On all three datasets, the proposed Evo-Transformer-DRL consistently delivered superior performance compared to the baselines. It achieved 99.19% accuracy, 99.63% recall, and 99.85% AUC on SWAT, which is significantly higher than all competing models. On WADI, the framework obtained 98.67% accuracy, 99.07% recall, and 99.52% AUC, again surpassing both transformer-based and classical approaches. Even on the more challenging BATADAL dataset, Evo-Transformer-DRL maintained strong performance with 98.21% accuracy, 98.73% recall, and 99.14% AUC, whereas models such as CNN and SVM failed to exceed 85%. The ablation analysis also confirmed that while each component (transformer, DRL, and IGWO) individually improved detection, their integration into Evo-Transformer-DRL provided the most substantial and consistent gains.
Beyond detection performance, the framework demonstrated excellent stability and efficiency. Variance values across runs were close to zero (e.g., 0.000005 on SWAT and 0.000092 on BATADAL), indicating robust and repeatable results. Statistical tests further verified that improvements were highly significant, with p-values well below 0.01. In terms of runtime, Evo-Transformer-DRL reached RMSE <15 in 38 seconds, RMSE <6 in 78 seconds, and RMSE <2 in 109 seconds, while none of the baselines managed to meet the strictest error threshold. Convergence curves highlighted that our model stabilized faster and at lower RMSE values than all alternatives, and ROC curves consistently hugged the upper-left boundary, reflecting excellent separability between normal and attack classes.
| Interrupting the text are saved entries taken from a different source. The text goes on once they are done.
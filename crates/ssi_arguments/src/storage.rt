//! Where `serve` keeps what it does, by its arguments.

ghost use Rattle.std.specs.Prelude.{◌≡◌, ◌==◌, drop, map, string_bytes};
ghost use Rattle.std.specs.List.{before_first};
ghost use Rattle.ssi_arguments.specs.Clauses.Storage.{has_option, storage_in};

/// Where `serve` keeps what it does.
#[derive(Clone, Copy, Debug, PartialEq, Eq)]
pub enum Storage {
    /// In memory, until it writes a history and a certificate to files.
    Files,
    /// In a folder, from one run to the next.
    Folder,
}

/// Returns the folder if the arguments are those of `serve` and one of its options is `--data`; the first string is the
/// program's name. `serve` has a form for each, with other arguments. A single form would need conflicts between arguments,
/// and then the parser's contracts don't say which arguments it refuses.
pub fn storage_of(arguments: &[String]) -> Storage
    ensures { result ≡ storage_in (drop 1 (map string_bytes arguments.now)) }
{
    match arguments {
        [_, command, given @ ..] if command.as_str() == "serve" && has_option(given, "--data") => {
            Storage::Folder
        }
        _ => Storage::Files,
    }
}

fn has_option(arguments: &[String], option: &str) -> bool
    ensures { result ≡ has_option option.now (map string_bytes arguments.now) }
{
    for argument in arguments {
        if argument.as_str() == "--" {
            return false;
        }
        if name_of(argument.as_str()) == option {
            return true;
        }
    }
    false
}

/// The option without the value that it may have after `=`.
fn name_of(argument: &str) -> &str
    ensures { result.now ≡ before_first (λ b. b == 61) argument.now }
{
    match argument.split_once('=') {
        Some((name, _)) => name,
        None => argument,
    }
}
These findings show that the framework not only delivers state-of-the-art accuracy but also ensures stability, efficiency, and real-world practicality for securing Industry 4.0 water infrastructures.
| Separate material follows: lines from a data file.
//! Why a recovery failed.

use ssi_log::LogFault;

/// Why a line couldn't be carried out.
#[derive(Clone, Copy, Debug, PartialEq, Eq)]
pub(crate) enum LineFault {
    /// It is neither a comment nor a command, or the command is refused for another reason than memory.
    Damaged,
    /// Memory ran out.
    Memory,
}

/// Why the lines of a log couldn't be carried out. Lines are counted from 1.
#[derive(Clone, Copy, Debug, PartialEq, Eq)]
pub enum ReplayFault {
    /// The first line isn't the header of the segment.
    Header,
    /// A line is neither a comment nor a command, or the command is refused for another reason than memory.
    Damaged { line: usize },
    /// Memory ran out at a line that could have been carried out.
    Memory { line: usize },
}

/// Why a log wasn't recovered.
#[derive(Debug, Drop)]
pub enum RecoveryFault {
    /// The text couldn't be read. The file stays as it was.
    Read(LogFault),
    /// The lines couldn't be carried out. The file stays as it was.
    Replay(ReplayFault),
    /// The log couldn't be resumed. Its whole lines stay.
    Resume(LogFault),
}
By combining transformer-based temporal feature extraction, RL–driven adaptability, and IGWO-based hyper-parameter optimization, the architecture achieves not only state-of-the-art accuracy but also stability and computational efficiency across diverse real-world datasets. The results show that the framework consistently delivers near-perfect detection performance, converges faster than competing methods, and maintains robustness with minimal variance, making it well-suited for deployment in critical industrial environments. In practical terms, this means that operators of water treatment and distribution systems can rely on Evo-Transformer-DRL to provide timely, consistent, and scalable protection against sophisticated cyberattacks, ensuring both operational continuity and public safety.
For future work, several promising directions can be explored. On the application side, extending the framework beyond water infrastructures to other Industry 4.0 domains such as power grids and transportation systems would validate its versatility under diverse cyber-physical environments, while incorporating multi-modal data (e.g., network traffic logs alongside sensor readings) could further enhance detection robustness. On the architectural side, lightweight variants of Evo-Transformer-DRL could be developed for deployment on edge and IoT devices with limited resources, and ensemble strategies combining multiple evolutionary optimizers may yield even stronger stability and convergence guarantees. These directions would broaden the applicability and scalability of the framework in real-world industrial cybersecurity.